Work instructions
Search the records that follow and extract every line containing the string "Rising".

Data records
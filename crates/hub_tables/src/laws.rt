//! States laws of tables, each as the contract of a function without a body.
ghost use Rattle.std.specs.Prelude.{◌≡◌};
ghost use Rattle.hub_parties.specs.Rows.{RegisterRows, IsRegister};
ghost use Rattle.hub_tables.specs.Register.{HoldsRegister, register_of, founded};
ghost use Rattle.hub_tables.specs.Sets.{Rising, SameRows};
ghost use Rattle.hub_tables.specs.Tables.{Tables};

/// Tables in which the keys of each kind rise are equal if they have the same rows.
pub fn rows_are_a_set()
    ensures { (t u : Tables) → Rising t → Rising u → SameRows t u → t ≡ u }
{}

/// Tables that have only the rows of a register hold exactly that register, and the keys of each kind rise.
pub fn founded_tables_hold_their_register()
    ensures rising { (register : RegisterRows) → IsRegister register → Rising (founded register) }
    ensures holds { (register : RegisterRows) → IsRegister register → HoldsRegister (founded register) }
    ensures same { (register : RegisterRows) → IsRegister register →
        register_of (founded register) ≡ register }
{}
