//! Nodes as JSON: an object with the `hash` of a node in hex and its `size` in bytes. Only this port has this module.

ghost use Rattle.serde_json.specs.Find.{get, as_array};
ghost use Rattle.serde_json.specs.View.{view, items_view};
ghost use Rattle.std.specs.Prelude.{◌≡◌, ◌⊎◌, ◌++◌, List, map, option_map, option_and_then, IfOk, IfErr, IfSome, IfNone};
ghost use Rattle.std.specs.List.{AllByRecursion, AllZip};
ghost use Rattle.xet_hash.specs.Hash.{IsHash};
ghost use Rattle.xet_roots.specs.Groups.{Node};
ghost use Rattle.xet_roots.specs.declared.error.CoreError.TheVariants.{OutOfMemory, InvalidJson};
ghost use Rattle.level_nodes.specs.NodeJson.{node_json, ReadsNode};

use serde_json::{Value, json};
use std::alloc::{AllocError, Allocator, Global};
use xet_hash::data_hash::DataHash;
use xet_roots::aggregated_hashes::Node;
use xet_roots::error::CoreError;

/// Returns the values of a member that is an array, or `None` if there is no such member.
pub fn array_member<'v>(value: &'v Value, name: &str) -> Option<&'v [Value]>
    ensures { option_map (λ values. items_view values.now) result ≡ option_and_then as_array (get name.now (view value.now)) }
{
    Some(value.get(name)?.as_array()?.as_slice())
}

/// Returns the node in an object with `hash`, a string of 64 hex digits, and `size`, a whole number from 0 to 2^64 - 1.
/// Returns `None` if the value is no such object. Other members are ignored.
pub fn read_node(value: &Value) -> Option<Node>
    ensures some { IfSome result (λ node. ReadsNode (view value.now) node) }
    ensures none { IfNone result ((node : Node) → ¬ (ReadsNode (view value.now) node)) }
{
    let hash = DataHash::from_json(value.get("hash")?).ok()?;
    let size = value.get("size")?.as_u64()?;
    Some((hash, size))
}

/// Returns the nodes in some values.
///
/// Fails with [`CoreError::InvalidJson`] and this rule if a value is no node as [`read_node`] takes it. Fails with
/// [`CoreError::OutOfMemory`] if an allocation fails.
pub fn read_nodes<A: Allocator>(
    alloc: A,
    values: &[Value],
    rule: u8,
) -> Result<Vec<Node, A>, CoreError>
    ensures read { IfOk result (λ nodes. AllZip ReadsNode (map view values.now) nodes.items) }
    ensures refused { IfErr result (λ e. (e ≡ OutOfMemory)
        ⊎ ((e ≡ InvalidJson rule) × ((nodes : List Node) → ¬ (AllZip ReadsNode (map view values.now) nodes)))) }
{
    let mut nodes = Vec::with_capacity(alloc, values.len())?;
    'nodes: for value in values {
        let Some(node) = read_node(value) else {
            return Err(CoreError::InvalidJson(rule));
        };
        nodes.push(node)?;
    }
    Ok(nodes)
}

/// Appends the values of some nodes, each an object with its `hash` as hex text and its `size` in bytes. Fails if an
/// allocation fails.
pub fn with_nodes(
    alloc: Global,
    values: Vec<Value>,
    nodes: &[Node],
) -> Result<Vec<Value>, AllocError>
    ensures json { IfOk result (λ all. map view all.items ≡ map view values.items ++ map node_json nodes.now) }
    ensures hashes { IfOk result (λ _. AllByRecursion (λ node. IsHash node.0) nodes.now) }
{
    let mut values = values;
    'nodes: for (hash, size) in nodes {
        values.push(json!(in alloc; {"hash": hash.to_json(alloc)?, "size": *size})?)?;
    }
    Ok(values)
}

Written response
ghost use Rattle.hub_tables.specs.Sets.{Rising, SameRows};
    ensures { (t u : Tables) → Rising t → Rising u → SameRows t u → t ≡ u }
    ensures rising { (register : RegisterRows) → IsRegister register → Rising (founded register) }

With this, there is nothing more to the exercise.